Start of EXTRACTED RECORDS
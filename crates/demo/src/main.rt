// Two copies of a small table of mast cards, an office's and a laptop's, are joined key by key.
#![tactic(auto)]

mod copies;
mod link;

use copies::{digest_of, joined, stands_in};
use link::send;
use mast_sites::{BEFORE, Copies, Digests};
use std::io;

// Prints what became of the two copies once they were joined.
fn print_checks(rt: &HostRuntime, before: &Copies, after: &Copies) -> io::Result<()> {
    let whole = &after.office;
    println!(rt; "both orders of joining agree: {}", after.agree())?;
    println!(rt;
        "all that the office had stands: {}",
        stands_in(&before.office, whole)
    )?;
    println!(rt;
        "all that the laptop had stands: {}",
        stands_in(&before.laptop, whole)
    )?;
    println!(rt;
        "the height of site 0 is the corrected one: {}",
        whole.is_corrected()
    )?;
    println!(rt;
        "position 1 of site 1 stays removed: {}",
        whole.is_removed()
    )
}

// Prints the digests by which two copies are compared: of all their bytes, and at the root of their digest trees.
fn print_digests(rt: &HostRuntime, when: &str, copies: &Copies) -> anyhow::Result<()> {
    let digests = Digests {
        office: digest_of(rt.alloc(), &copies.office)?,
        laptop: digest_of(rt.alloc(), &copies.laptop)?,
    };
    println!(rt; "fnv {when}: {digests}")?;
    println!(rt; "roots {when}: {}", copies.roots())?;
    Ok(())
}

fn run(rt: &HostRuntime) -> anyhow::Result<()> {
    let before = BEFORE;
    print!(rt; "the office's copy\n{}", before.office)?;
    print!(rt; "the laptop's copy\n{}", before.laptop)?;
    let after = Copies {
        office: joined(&before.office, &before.laptop)?,
        laptop: joined(&before.laptop, &before.office)?,
    };
    print!(rt;
        "the office's copy, with the laptop's joined into it\n{}",
        after.office
    )?;
    print_checks(rt, &before, &after)?;
    print_digests(rt, "before", &before)?;
    print_digests(rt, "after", &after)?;
    send(rt, &before.laptop.cards[0])?;
    Ok(())
}

fn main(rt: HostRuntime) -> anyhow::Result<()> {
    run(&rt)
}
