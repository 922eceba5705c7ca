// One card's offer, sent over a courier.
use crate::copies::bytes_of;
use anyhow::Context;
use channel::{Channel, Courier};
use element::Element;
use frame::{Message, decode, encode};
use kinds::Card;
use mast_sites::{SITES, SiteCard};
use std::{fmt, io};

// A round's number, and the range of key 0 alone.
const ROUND: u32 = 1;

const RANGE: u16 = 4;

// The frame is answered twice, then lost; the last take finds nothing.
const PICKS: [u8; 4] = [0, 64, 128, 0];

// The bytes of a frame in hexadecimal: the parts of the header, and what follows it.
#[derive(Drop)]
struct Hex<'a> {
    frame: &'a [u8],
}

impl fmt::Display for Hex<'_> {
    fn fmt<W: fmt::Write>(&self, f: &mut fmt::Formatter<W>) -> fmt::Result {
        for (place, byte) in self.frame.iter().enumerate() {
            if [1, 5, 7].contains(&place) {
                write!(f, " ")?;
            }
            write!(f, "{byte:02x}")?;
        }
        Ok(())
    }
}

// Prints what a frame brings, where it is an offer.
fn print_offer(rt: &HostRuntime, frame: &[u8]) -> io::Result<()> {
    let Ok(Message::Offer { round, range, part }) = decode::<Card>(SITES, frame) else {
        return println!(rt; "  no offer");
    };
    let Some(card) = Card::read(part) else {
        return println!(rt; "  no card");
    };
    let site = SiteCard {
        site: 0,
        card: &card,
    };
    println!(rt; "  round {round}, range {range}:  {site}")
}

// Sends the card as the offer of key 0, and prints what arrives.
pub(crate) fn send(rt: &HostRuntime, card: &Card) -> anyhow::Result<()> {
    let part = bytes_of(card);
    // a buffer and a length, since `encode` writes into lent memory
    let mut bytes = [0; 71];
    let offer = Message::Offer {
        round: ROUND,
        range: RANGE,
        part: &part,
    };
    let length = encode(offer, &mut bytes).context("the frame is too long")?;
    let frame = &bytes[..length];
    println!(rt; "the laptop offers its card of site 0 over a courier")?;
    println!(rt; "  {}", Hex { frame })?;
    let mut courier = Courier::new(&PICKS);
    courier.put(frame);
    for _ in PICKS {
        match courier.take() {
            Some(packet) => print_offer(rt, packet.as_bytes())?,
            None => println!(rt; "  nothing came")?,
        }
    }
    Ok(())
}
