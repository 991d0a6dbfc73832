// How numbers move within the heap. A place is a plain number: a struct that knows its bound would be opened in each sum and clause.
ghost use Rattle.std.specs.Prelude.{◌≡◌, ◌<◌, nat_lt};
ghost use Rattle.std.proofs.lemmas.List.Edits.{Swapped};
ghost use Rattle.lists.specs.Capacity.{capacity_limit};
ghost use Rattle.lists.specs.Heaps.{ahead, Loose, High, Upward, FirstBelow, Downward};
ghost use Rattle.lists.specs.Tables.{heap_earlier, heap_order, InOrder};

use super::Heap;
use crate::keys::Key;

// Whether the first key comes before the second, or the two tie and `lower` holds; where there is no key, it comes last.
fn comes_first<K: Key>(x: Option<K>, y: Option<K>, lower: bool) -> bool
    ensures { result ≡ ahead K.Key.sooner x y lower }
{
    match (x, y) {
        (Some(x), Some(y)) => x.precedes(&y) || (!y.precedes(&x) && lower),
        (Some(_), None) => true,
        (None, Some(_)) => false,
        (None, None) => lower,
    }
}

impl<K: Key> Heap<K> {
    // Whether the number at the one place comes before the number at the other.
    fn before(&self, i: usize, j: usize) -> bool
        requires within { i < capacity_limit }
        requires other { j < capacity_limit }
        ensures { result ≡ heap_earlier K.Key.sooner self.now (heap_order self.now i) (heap_order self.now j) }
    {
        let a = self.order[i];
        let b = self.order[j];
        comes_first(self.keys[a as usize], self.keys[b as usize], a < b)
    }

    // Lets the numbers at two places change places: both hold a key, or neither does.
    pub(super) fn exchange(&mut self, i: usize, j: usize)
        requires within { i < capacity_limit }
        requires other { j < capacity_limit }
        requires alike { nat_lt i self.old.count ≡ nat_lt j self.old.count }
        ensures keys { self.new.keys ≡ self.old.keys }
        ensures count { self.new.count ≡ self.old.count }
        ensures order { Swapped (heap_order self.old) (heap_order self.new) i j }
    {
        // Written one by one: with `swap` on both arrays a fill and drain took a quarter longer.
        let a = self.order[i];
        let b = self.order[j];
        self.order[i] = b;
        self.order[j] = a;
        self.places[a as usize] = j as u16;
        self.places[b as usize] = i as u16;
    }

    // The place above, if the number at this place comes before the one there.
    fn above(&self, at: usize) -> Option<usize>
        requires { at < capacity_limit }
        ensures { Upward (heap_earlier K.Key.sooner self.now) (heap_order self.now) at result }
    {
        let parent = at.checked_sub(1)? / 2;
        self.before(at, parent).then_some(parent)
    }

    // Moves the number at a place up for as long as it comes before the one above, and says where it then stands.
    pub(crate) fn rise(&mut self, start: usize) -> usize
        requires within { start < self.old.count }
        requires loose { Loose (heap_earlier K.Key.sooner self.old) (heap_order self.old) self.old.count start }
        ensures keys { self.new.keys ≡ self.old.keys }
        ensures count { self.new.count ≡ self.old.count }
        ensures within { result < self.new.count }
        ensures high { High (heap_earlier K.Key.sooner self.new) (heap_order self.new) self.new.count result }
    {
        let mut at = start;
        while let Some(parent) = self.above(at) {
            self.exchange(at, parent);
            at = parent;
        }
        at
    }

    // The place below whose number comes before the other's.
    fn first_below(&self, at: usize) -> Option<usize>
        requires { at < capacity_limit }
        ensures { FirstBelow (heap_earlier K.Key.sooner self.now) (heap_order self.now) self.now.count at result }
    {
        let left = 2 * at + 1;
        if left >= self.count {
            return None;
        }
        let right = left + 1;
        if right >= self.count {
            return Some(left);
        }
        if self.before(right, left) {
            return Some(right);
        }
        Some(left)
    }

    // The same, if its number comes before the one at this place.
    fn below(&self, at: usize) -> Option<usize>
        requires { at < capacity_limit }
        ensures { Downward (heap_earlier K.Key.sooner self.now) (heap_order self.now) self.now.count at result }
    {
        let child = self.first_below(at)?;
        self.before(child, at).then_some(child)
    }

    // Moves the number at a place down for as long as one below comes before it.
    pub(crate) fn sink(&mut self, start: usize)
        requires within { start < capacity_limit }
        requires high { High (heap_earlier K.Key.sooner self.old) (heap_order self.old) self.old.count start }
        ensures keys { self.new.keys ≡ self.old.keys }
        ensures count { self.new.count ≡ self.old.count }
        ensures order { InOrder K.Key.sooner self.new }
    {
        let mut at = start;
        while let Some(child) = self.below(at) {
            self.exchange(at, child);
            at = child;
        }
    }
}
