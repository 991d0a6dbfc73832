// What a heap does.
ghost use Rattle.std.specs.Prelude.{◌≡◌, ℕ, ◌<◌, length, Some, None, slice_index, slice_set};
ghost use Rattle.lists.specs.Capacity.{capacity_limit};
ghost use Rattle.lists.specs.Heaps.{Loose, High};
ghost use Rattle.lists.specs.Least.{Chosen, Without};
ghost use Rattle.lists.specs.Tables.{heap_holds, heap_order, heap_earlier, InOrder};

use super::Heap;
use crate::keys::Key;
use crate::waiting::CAPACITY;
use std::array;

// Each number at its own place.
fn in_order() -> [u16; CAPACITY]
    ensures length { length result ≡ capacity_limit }
    ensures places { (i : ℕ) → i < capacity_limit → slice_index result i ≡ i }
{
    array::from_fn(|number| number as u16)
}

impl<K: Key> Heap<K> {
    // A heap in which no number holds a key.
    pub(crate) fn new() -> Self
        ensures count { result.count ≡ 0 }
        ensures empty { (n : ℕ) → heap_holds result n ≡ None }
    {
        let order = in_order();
        Heap {
            keys: [None; CAPACITY],
            order,
            places: order,
            count: 0,
        }
    }

    // Gives the number the key, and says at which place the number now stands, be it the right one or not.
    pub(crate) fn enter(&mut self, number: usize, key: K) -> usize
        requires within { number < capacity_limit }
        requires order { InOrder K.Key.sooner self.old }
        ensures keys { self.new.keys ≡ slice_set self.old.keys number (Some key) }
        ensures within { result < self.new.count }
        ensures loose { Loose (heap_earlier K.Key.sooner self.new) (heap_order self.new) self.new.count result }
    {
        let at = self.places[number] as usize;
        let last = self.count;
        if at < last {
            self.keys[number] = Some(key);
            return at;
        }
        self.exchange(at, last);
        self.keys[number] = Some(key);
        self.count = last + 1;
        last
    }

    // Takes the number at the top out, and puts the last one there, be it the right place or not.
    pub(crate) fn leave(&mut self) -> Option<usize>
        requires { InOrder K.Key.sooner self.old }
        ensures chosen { Chosen K.Key.sooner (heap_holds self.old) result }
        ensures table { Without (heap_holds self.old) (heap_holds self.new) result }
        ensures high { High (heap_earlier K.Key.sooner self.new) (heap_order self.new) self.new.count 0 }
    {
        if self.count == 0 {
            return None;
        }
        let last = self.count - 1;
        let number = self.order[0] as usize;
        self.exchange(0, last);
        self.keys[number] = None;
        self.count = last;
        Some(number)
    }

    // No number holds a key.
    pub(crate) fn clear(&mut self)
        ensures count { self.new.count ≡ 0 }
        ensures empty { (n : ℕ) → heap_holds self.new n ≡ None }
    {
        self.keys.fill(None);
        self.count = 0;
    }
}
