//! The first words of lines.
ghost use Rattle.tool_jobs.specs.Forms.{ecn_form_name, ecn_forms};
ghost use Rattle.tool_text.specs.Kinds.{named_in};

use tool_text::{Name, is_text};

/// A line's form, by its first word (own).
#[derive(Clone, Copy)]
pub(crate) enum EcnForm {
    Send,
    Deliver,
    Mark,
    Report,
    Check,
    Forge,
}

impl Name for EcnForm {
    ghost named = { named_in ecn_form_name ecn_forms };

    fn of_name(word: &[u8]) -> Option<EcnForm> {
        if is_text(word, b"send") {
            Some(EcnForm::Send)
        } else if is_text(word, b"deliver") {
            Some(EcnForm::Deliver)
        } else if is_text(word, b"mark") {
            Some(EcnForm::Mark)
        } else if is_text(word, b"report") {
            Some(EcnForm::Report)
        } else if is_text(word, b"check") {
            Some(EcnForm::Check)
        } else if is_text(word, b"forge") {
            Some(EcnForm::Forge)
        } else {
            None
        }
    }
}
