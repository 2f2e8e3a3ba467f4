//! Lines, read.
ghost use Rattle.std.specs.Prelude.{◌≡◌, ◌≤◌, length, OnOk};
ghost use Rattle.tool_text.specs.Left.{left_of};
ghost use Rattle.tool_jobs.specs.Forms as spec;

use crate::ecn::names::EcnForm;
use dccp_ecn::EcnEvent;
use tool_text::{Below, LineFault, NameWord, WordRow, Words, read_line, read_word};

// Indices of packets and reports are below this (own).
const INDEX_END: u64 = 1 << 47;

// A nonce: 0 or 1.
type NonceWord = (Below<2>, ());

// The index of a packet or a report.
type IndexWord = (Below<INDEX_END>, ());

// An index, and nothing after it.
fn index(words: &mut Words<'_>) -> Result<u64, LineFault>
    ensures { result ≡ spec.index_row.said (left_of words.old) }
{
    let (index, ()) = <IndexWord>::read(words)?;
    Ok(index)
}

// The words of a line.
struct EcnLine;

impl<'a> WordRow<'a> for EcnLine {
    type Said = EcnEvent;

    ghost said = { spec.ecn_row.said };

    fn read(words: &mut Words<'a>) -> Result<EcnEvent, LineFault> {
        match read_word::<NameWord<EcnForm>>(words.next_word())? {
            EcnForm::Send => {
                let (nonce, ()) = <NonceWord>::read(words)?;
                Ok(EcnEvent::Send(nonce == 1))
            }
            EcnForm::Deliver => Ok(EcnEvent::Deliver(index(words)?)),
            EcnForm::Mark => Ok(EcnEvent::Mark(index(words)?)),
            EcnForm::Report => {
                <() as WordRow>::read(words)?;
                Ok(EcnEvent::Report)
            }
            EcnForm::Check => Ok(EcnEvent::Check(index(words)?)),
            EcnForm::Forge => Ok(EcnEvent::Forge(index(words)?)),
        }
    }
}

/// The event that a line says, or None exactly if the line is empty or a comment; or the first of the line's faults in
/// the order of `LineWhy`, with its column (own): LineTooLong, NotText, Missing, UnknownWord, BadNumber or Trailing.
/// The line comes without its newline.
pub(crate) fn read_ecn_line(line: &[u8]) -> Result<Option<EcnEvent>, LineFault>
    ensures value { result ≡ spec.read_ecn_line line.now }
    ensures short { OnOk result (length line.now ≤ 4096) }
{
    read_line::<EcnLine>(line)
}
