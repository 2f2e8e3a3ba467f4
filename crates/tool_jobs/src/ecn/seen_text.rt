//! The texts of the result of an event, and of the two ends at the end.
ghost use Rattle.std.specs.Prelude.{◌≡◌, ◌++◌, OnOk, slice_get};
ghost use Rattle.tool_jobs.specs.SeenText.{check_name, ecn_ending, ecn_event_line, ecn_seen_text, marked_name, vector_text};

use dccp_ecn::{Check, EcnSeen, EcnWorld};
use run_list::Marked;
use seq_circle::NoMemory;
use tool_text::{put, put_counted, put_hex_or_dash, put_named, put_number};

fn marked_name(answer: Marked) -> &'static [u8]
    ensures { result.now ≡ marked_name answer }
{
    match answer {
        Marked::New => b"new",
        Marked::Again => b"again",
        Marked::BelowFloor => b"below",
    }
}

fn check_name(told: Check) -> &'static [u8]
    ensures { result.now ≡ check_name told }
{
    match told {
        Check::Fits => b"fits",
        Check::Unfit => b"unfit",
        Check::Unknown => b"unknown",
    }
}

// Puts the report with this index, if there is one.
fn put_vector(text: &mut Vec<u8>, world: &EcnWorld, index: u64) -> Result<(), NoMemory>
    ensures { OnOk result (text.new.items ≡ text.old.items ++ vector_text (slice_get world.now.reports index)) }
{
    let Some((_, kind, bytes)) = world.report(index) else {
        return Ok(());
    };
    put_counted(text, b"vector ", u64::from(kind))?;
    put(text, b" ")?;
    put_hex_or_dash(text, bytes)?;
    Ok(())
}

// Puts the result of an event that left this world.
fn put_seen(text: &mut Vec<u8>, world: &EcnWorld, seen: EcnSeen) -> Result<(), NoMemory>
    ensures { OnOk result (text.new.items ≡ text.old.items ++ ecn_seen_text world.now seen) }
{
    match seen {
        EcnSeen::Sent => put(text, b"ok"),
        EcnSeen::Took(answer) => put(text, marked_name(answer)),
        EcnSeen::Reported(None) => put(text, b"nothing"),
        EcnSeen::Reported(Some(index)) => put_vector(text, world, index),
        EcnSeen::Checked(told) => put(text, check_name(told)),
    }
}

/// Puts the line of an event that took place (own): the number of its line, the line as it was read, and the result of
/// the event, which left this world. NoMemory means that the text could not grow.
pub(crate) fn put_event_line(
    text: &mut Vec<u8>,
    number: u64,
    line: &[u8],
    world: &EcnWorld,
    seen: EcnSeen,
) -> Result<(), NoMemory>
    ensures { OnOk result (text.new.items ≡ text.old.items ++ ecn_event_line number line.now world.now seen) }
{
    put_number(text, number)?;
    put_named(text, b" ", line)?;
    put(text, b": ")?;
    put_seen(text, world, seen)?;
    put(text, b"\n")?;
    Ok(())
}

/// Puts the last line (own): how many packets were sent, and how many reports kept. NoMemory means that the text could
/// not grow.
pub(crate) fn put_ending(text: &mut Vec<u8>, world: &EcnWorld) -> Result<(), NoMemory>
    ensures { OnOk result (text.new.items ≡ text.old.items ++ ecn_ending world.now) }
{
    put_counted(text, b"sent ", world.packet_count())?;
    put_counted(text, b" reports ", world.report_count())?;
    put(text, b"\n")?;
    Ok(())
}
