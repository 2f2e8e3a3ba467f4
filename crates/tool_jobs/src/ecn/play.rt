//! An input while it is played: the two ends, between which events take place.
ghost use Rattle.std.specs.Prelude.{◌≡◌, ℕ, ◌≤◌, List, length, IfOk};
ghost use Rattle.tool_text.specs.Jobs.{Judges};
ghost use Rattle.tool_jobs.specs.Play.{by_ecn_event, ecn_job, first_ecn_play, lacking_index};

use crate::ecn::reading::read_ecn_line;
use crate::ecn::seen_text::{put_ending, put_event_line};
use dccp_ecn::{EcnEvent, EcnFault, EcnWorld};
use seq_circle::NoMemory;
use std::alloc::Global;
use tool_text::{LineError, LineFault, LineJob, LineWhy, MOST_EVENTS, Words, whole_line};

/// The state of an input while it is played.
#[derive(Drop)]
pub(crate) struct EcnPlay {
    /// How many events took place.
    pub(crate) events: u32,
    /// The two ends.
    pub(crate) world: EcnWorld,
}

// The fault of a line whose packet or report does not exist.
fn lacking_index(line: &[u8]) -> LineFault
    requires { length line.now ≤ 4096 }
    ensures { result ≡ lacking_index line.now }
{
    LineFault {
        column: Words::of(line).column_of(1),
        why: LineWhy::NoSuchFrame,
    }
}

impl EcnPlay {
    /// The state before any line: nothing was sent.
    pub(crate) fn new(alloc: Global) -> Result<EcnPlay, NoMemory>
        ensures { IfOk result (λ play. play ≡ first_ecn_play) }
    {
        let world = EcnWorld::new(alloc)?;
        Ok(EcnPlay { events: 0, world })
    }

    // The event of the line of this number takes place, if it can.
    fn play(
        &mut self,
        number: u64,
        line: &[u8],
        event: EcnEvent,
        text: &mut Vec<u8>,
    ) -> Result<(), LineError>
        requires { length line.now ≤ 4096 }
        ensures { Judges ecn_job (by_ecn_event self.old number line.now event) text.old.items text.new.items self.new result }
    {
        if MOST_EVENTS <= self.events {
            return Err(LineError::Refused(whole_line(LineWhy::TooManyEvents)));
        }
        match self.world.step(event) {
            Ok(seen) => {
                self.events += 1;
                put_event_line(text, number, line, &self.world, seen)?;
                Ok(())
            }
            Err(EcnFault::NoSuchFrame) => Err(LineError::Refused(lacking_index(line))),
            Err(EcnFault::Full) => Err(LineError::Refused(whole_line(LineWhy::TooManyEvents))),
            Err(EcnFault::NoMemory) => Err(LineError::NoMemory),
        }
    }
}

impl LineJob for EcnPlay {
    ghost Deed = { List ℕ };

    ghost job = { ecn_job };

    ghost keeps = { λ play number. Unit {0} };

    #[tactic(auto, unfolding(crate::specs::Play::ecn_judged))]
    fn judge(
        &mut self,
        _alloc: Global,
        number: u64,
        line: &[u8],
        text: &mut Vec<u8>,
    ) -> Result<(), LineError> {
        match read_ecn_line(line) {
            Err(fault) => Err(LineError::Refused(fault)),
            Ok(None) => Ok(()),
            Ok(Some(event)) => self.play(number, line, event, text),
        }
    }

    fn finish(&mut self, _alloc: Global, text: &mut Vec<u8>) -> Result<(), NoMemory> {
        put_ending(text, &self.world)
    }
}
End of EXTRACTED RECORDS
ASSIGNMENT => Find the word "above" in the data and show each line that holds it.

ANSWER BOX =>
    // The place above, if the number at this place comes before the one there.
    fn above(&self, at: usize) -> Option<usize>
    // Moves the number at a place up for as long as it comes before the one above, and says where it then stands.
        while let Some(parent) = self.above(at) {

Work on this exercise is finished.